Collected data
· · · · ·

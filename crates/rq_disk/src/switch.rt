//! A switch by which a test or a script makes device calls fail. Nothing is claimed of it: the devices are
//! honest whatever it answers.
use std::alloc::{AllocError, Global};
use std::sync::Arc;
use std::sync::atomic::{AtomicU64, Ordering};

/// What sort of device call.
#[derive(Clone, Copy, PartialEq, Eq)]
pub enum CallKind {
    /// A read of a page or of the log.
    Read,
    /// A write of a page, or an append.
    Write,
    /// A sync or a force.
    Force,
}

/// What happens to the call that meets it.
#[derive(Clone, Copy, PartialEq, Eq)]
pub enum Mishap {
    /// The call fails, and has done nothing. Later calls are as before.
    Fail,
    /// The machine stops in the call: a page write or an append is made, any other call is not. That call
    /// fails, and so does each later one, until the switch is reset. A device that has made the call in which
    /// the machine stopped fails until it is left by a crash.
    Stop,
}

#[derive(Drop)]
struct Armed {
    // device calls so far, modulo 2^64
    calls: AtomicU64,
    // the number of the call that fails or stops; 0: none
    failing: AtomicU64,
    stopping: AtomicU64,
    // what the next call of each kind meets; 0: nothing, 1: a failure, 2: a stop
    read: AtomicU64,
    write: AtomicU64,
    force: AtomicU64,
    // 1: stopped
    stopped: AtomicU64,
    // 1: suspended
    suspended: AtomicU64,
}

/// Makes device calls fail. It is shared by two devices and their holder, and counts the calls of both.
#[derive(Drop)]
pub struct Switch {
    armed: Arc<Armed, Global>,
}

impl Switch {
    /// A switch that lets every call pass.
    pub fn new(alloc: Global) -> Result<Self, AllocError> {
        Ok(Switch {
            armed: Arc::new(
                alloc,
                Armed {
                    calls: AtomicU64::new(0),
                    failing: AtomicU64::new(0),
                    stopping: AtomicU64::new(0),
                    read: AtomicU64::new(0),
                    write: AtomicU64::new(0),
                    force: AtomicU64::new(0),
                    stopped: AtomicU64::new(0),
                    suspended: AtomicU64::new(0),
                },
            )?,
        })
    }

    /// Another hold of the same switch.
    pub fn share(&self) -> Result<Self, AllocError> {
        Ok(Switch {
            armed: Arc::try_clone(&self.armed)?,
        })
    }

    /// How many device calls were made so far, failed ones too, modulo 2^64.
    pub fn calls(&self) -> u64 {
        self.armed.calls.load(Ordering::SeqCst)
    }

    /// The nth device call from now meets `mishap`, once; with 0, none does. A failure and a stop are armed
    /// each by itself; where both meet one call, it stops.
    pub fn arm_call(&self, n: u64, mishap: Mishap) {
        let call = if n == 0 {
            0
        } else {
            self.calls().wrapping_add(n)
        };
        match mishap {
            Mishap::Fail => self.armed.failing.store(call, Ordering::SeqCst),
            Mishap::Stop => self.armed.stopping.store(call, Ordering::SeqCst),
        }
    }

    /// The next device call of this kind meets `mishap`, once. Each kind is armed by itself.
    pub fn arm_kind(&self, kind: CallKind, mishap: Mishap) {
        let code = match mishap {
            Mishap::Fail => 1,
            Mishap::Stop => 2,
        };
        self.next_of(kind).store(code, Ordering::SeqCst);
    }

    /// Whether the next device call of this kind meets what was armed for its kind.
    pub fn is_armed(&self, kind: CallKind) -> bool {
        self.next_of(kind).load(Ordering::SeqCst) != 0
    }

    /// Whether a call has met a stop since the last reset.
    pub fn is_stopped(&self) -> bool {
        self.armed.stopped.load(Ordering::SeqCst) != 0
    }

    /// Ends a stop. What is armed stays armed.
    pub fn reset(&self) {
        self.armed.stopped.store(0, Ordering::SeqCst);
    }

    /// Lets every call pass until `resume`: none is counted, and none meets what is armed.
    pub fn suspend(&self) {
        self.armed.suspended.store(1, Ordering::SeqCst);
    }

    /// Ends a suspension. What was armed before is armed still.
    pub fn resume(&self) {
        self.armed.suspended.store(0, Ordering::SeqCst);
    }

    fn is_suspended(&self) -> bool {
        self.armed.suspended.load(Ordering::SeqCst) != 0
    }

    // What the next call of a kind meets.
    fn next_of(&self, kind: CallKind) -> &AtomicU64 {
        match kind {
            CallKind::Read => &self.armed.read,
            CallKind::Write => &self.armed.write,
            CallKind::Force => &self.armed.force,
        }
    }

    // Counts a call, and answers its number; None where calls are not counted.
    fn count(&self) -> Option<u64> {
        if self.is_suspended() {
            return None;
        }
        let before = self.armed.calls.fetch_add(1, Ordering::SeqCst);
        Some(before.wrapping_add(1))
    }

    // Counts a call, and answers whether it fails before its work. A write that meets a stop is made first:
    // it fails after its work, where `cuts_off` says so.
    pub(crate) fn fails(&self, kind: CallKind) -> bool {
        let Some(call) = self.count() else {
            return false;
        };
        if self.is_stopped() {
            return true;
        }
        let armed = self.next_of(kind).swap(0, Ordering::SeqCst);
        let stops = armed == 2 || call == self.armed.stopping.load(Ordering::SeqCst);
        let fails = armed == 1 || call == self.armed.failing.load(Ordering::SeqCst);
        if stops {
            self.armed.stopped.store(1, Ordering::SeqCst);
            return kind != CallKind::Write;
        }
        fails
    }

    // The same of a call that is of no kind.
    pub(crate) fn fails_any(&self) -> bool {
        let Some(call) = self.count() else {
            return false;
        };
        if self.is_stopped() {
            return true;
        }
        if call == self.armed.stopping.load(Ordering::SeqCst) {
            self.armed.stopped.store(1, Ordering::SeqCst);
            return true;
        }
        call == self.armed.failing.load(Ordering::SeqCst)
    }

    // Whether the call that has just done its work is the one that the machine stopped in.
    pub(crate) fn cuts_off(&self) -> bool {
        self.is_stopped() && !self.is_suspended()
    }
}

· · · · ·

* _AIM OF THE EXERCISE_: Each record above should be retyped in full, exactly as shown.

* _YOUR RESPONSE_:
filename crates/rq_disk/src/switch.rt
//! A switch by which a test or a script makes device calls fail. Nothing is claimed of it: the devices are
//! honest whatever it answers.
use std::alloc::{AllocError, Global};
use std::sync::Arc;
use std::sync::atomic::{AtomicU64, Ordering};

/// What sort of device call.
#[derive(Clone, Copy, PartialEq, Eq)]
pub enum CallKind {
    /// A read of a page or of the log.
    Read,
    /// A write of a page, or an append.
    Write,
    /// A sync or a force.
    Force,
}

/// What happens to the call that meets it.
#[derive(Clone, Copy, PartialEq, Eq)]
pub enum Mishap {
    /// The call fails, and has done nothing. Later calls are as before.
    Fail,
    /// The machine stops in the call: a page write or an append is made, any other call is not. That call
    /// fails, and so does each later one, until the switch is reset. A device that has made the call in which
    /// the machine stopped fails until it is left by a crash.
    Stop,
}

#[derive(Drop)]
struct Armed {
    // device calls so far, modulo 2^64
    calls: AtomicU64,
    // the number of the call that fails or stops; 0: none
    failing: AtomicU64,
    stopping: AtomicU64,
    // what the next call of each kind meets; 0: nothing, 1: a failure, 2: a stop
    read: AtomicU64,
    write: AtomicU64,
    force: AtomicU64,
    // 1: stopped
    stopped: AtomicU64,
    // 1: suspended
    suspended: AtomicU64,
}

/// Makes device calls fail. It is shared by two devices and their holder, and counts the calls of both.
#[derive(Drop)]
pub struct Switch {
    armed: Arc<Armed, Global>,
}

impl Switch {
    /// A switch that lets every call pass.
    pub fn new(alloc: Global) -> Result<Self, AllocError> {
        Ok(Switch {
            armed: Arc::new(
                alloc,
                Armed {
                    calls: AtomicU64::new(0),
                    failing: AtomicU64::new(0),
                    stopping: AtomicU64::new(0),
                    read: AtomicU64::new(0),
                    write: AtomicU64::new(0),
                    force: AtomicU64::new(0),
                    stopped: AtomicU64::new(0),
                    suspended: AtomicU64::new(0),
                },
            )?,
        })
    }

    /// Another hold of the same switch.
    pub fn share(&self) -> Result<Self, AllocError> {
        Ok(Switch {
            armed: Arc::try_clone(&self.armed)?,
        })
    }

    /// How many device calls were made so far, failed ones too, modulo 2^64.
    pub fn calls(&self) -> u64 {
        self.armed.calls.load(Ordering::SeqCst)
    }

    /// The nth device call from now meets `mishap`, once; with 0, none does. A failure and a stop are armed
    /// each by itself; where both meet one call, it stops.
    pub fn arm_call(&self, n: u64, mishap: Mishap) {
        let call = if n == 0 {
            0
        } else {
            self.calls().wrapping_add(n)
        };
        match mishap {
            Mishap::Fail => self.armed.failing.store(call, Ordering::SeqCst),
            Mishap::Stop => self.armed.stopping.store(call, Ordering::SeqCst),
        }
    }

    /// The next device call of this kind meets `mishap`, once. Each kind is armed by itself.
    pub fn arm_kind(&self, kind: CallKind, mishap: Mishap) {
        let code = match mishap {
            Mishap::Fail => 1,
            Mishap::Stop => 2,
        };
        self.next_of(kind).store(code, Ordering::SeqCst);
    }

    /// Whether the next device call of this kind meets what was armed for its kind.
    pub fn is_armed(&self, kind: CallKind) -> bool {
        self.next_of(kind).load(Ordering::SeqCst) != 0
    }

    /// Whether a call has met a stop since the last reset.
    pub fn is_stopped(&self) -> bool {
        self.armed.stopped.load(Ordering::SeqCst) != 0
    }

    /// Ends a stop. What is armed stays armed.
    pub fn reset(&self) {
        self.armed.stopped.store(0, Ordering::SeqCst);
    }

    /// Lets every call pass until `resume`: none is counted, and none meets what is armed.
    pub fn suspend(&self) {
        self.armed.suspended.store(1, Ordering::SeqCst);
    }

    /// Ends a suspension. What was armed before is armed still.
    pub fn resume(&self) {
        self.armed.suspended.store(0, Ordering::SeqCst);
    }

    fn is_suspended(&self) -> bool {
        self.armed.suspended.load(Ordering::SeqCst) != 0
    }

    // What the next call of a kind meets.
    fn next_of(&self, kind: CallKind) -> &AtomicU64 {
        match kind {
            CallKind::Read => &self.armed.read,
            CallKind::Write => &self.armed.write,
            CallKind::Force => &self.armed.force,
        }
    }

    // Counts a call, and answers its number; None where calls are not counted.
    fn count(&self) -> Option<u64> {
        if self.is_suspended() {
            return None;
        }
        let before = self.armed.calls.fetch_add(1, Ordering::SeqCst);
        Some(before.wrapping_add(1))
    }

    // Counts a call, and answers whether it fails before its work. A write that meets a stop is made first:
    // it fails after its work, where `cuts_off` says so.
    pub(crate) fn fails(&self, kind: CallKind) -> bool {
        let Some(call) = self.count() else {
            return false;
        };
        if self.is_stopped() {
            return true;
        }
        let armed = self.next_of(kind).swap(0, Ordering::SeqCst);
        let stops = armed == 2 || call == self.armed.stopping.load(Ordering::SeqCst);
        let fails = armed == 1 || call == self.armed.failing.load(Ordering::SeqCst);
        if stops {
            self.armed.stopped.store(1, Ordering::SeqCst);
            return kind != CallKind::Write;
        }
        fails
    }

    // The same of a call that is of no kind.
    pub(crate) fn fails_any(&self) -> bool {
        let Some(call) = self.count() else {
            return false;
        };
        if self.is_stopped() {
            return true;
        }
        if call == self.armed.stopping.load(Ordering::SeqCst) {
            self.armed.stopped.store(1, Ordering::SeqCst);
            return true;
        }
        call == self.armed.failing.load(Ordering::SeqCst)
    }

    // Whether the call that has just done its work is the one that the machine stopped in.
    pub(crate) fn cuts_off(&self) -> bool {
        self.is_stopped() && !self.is_suspended()
    }
}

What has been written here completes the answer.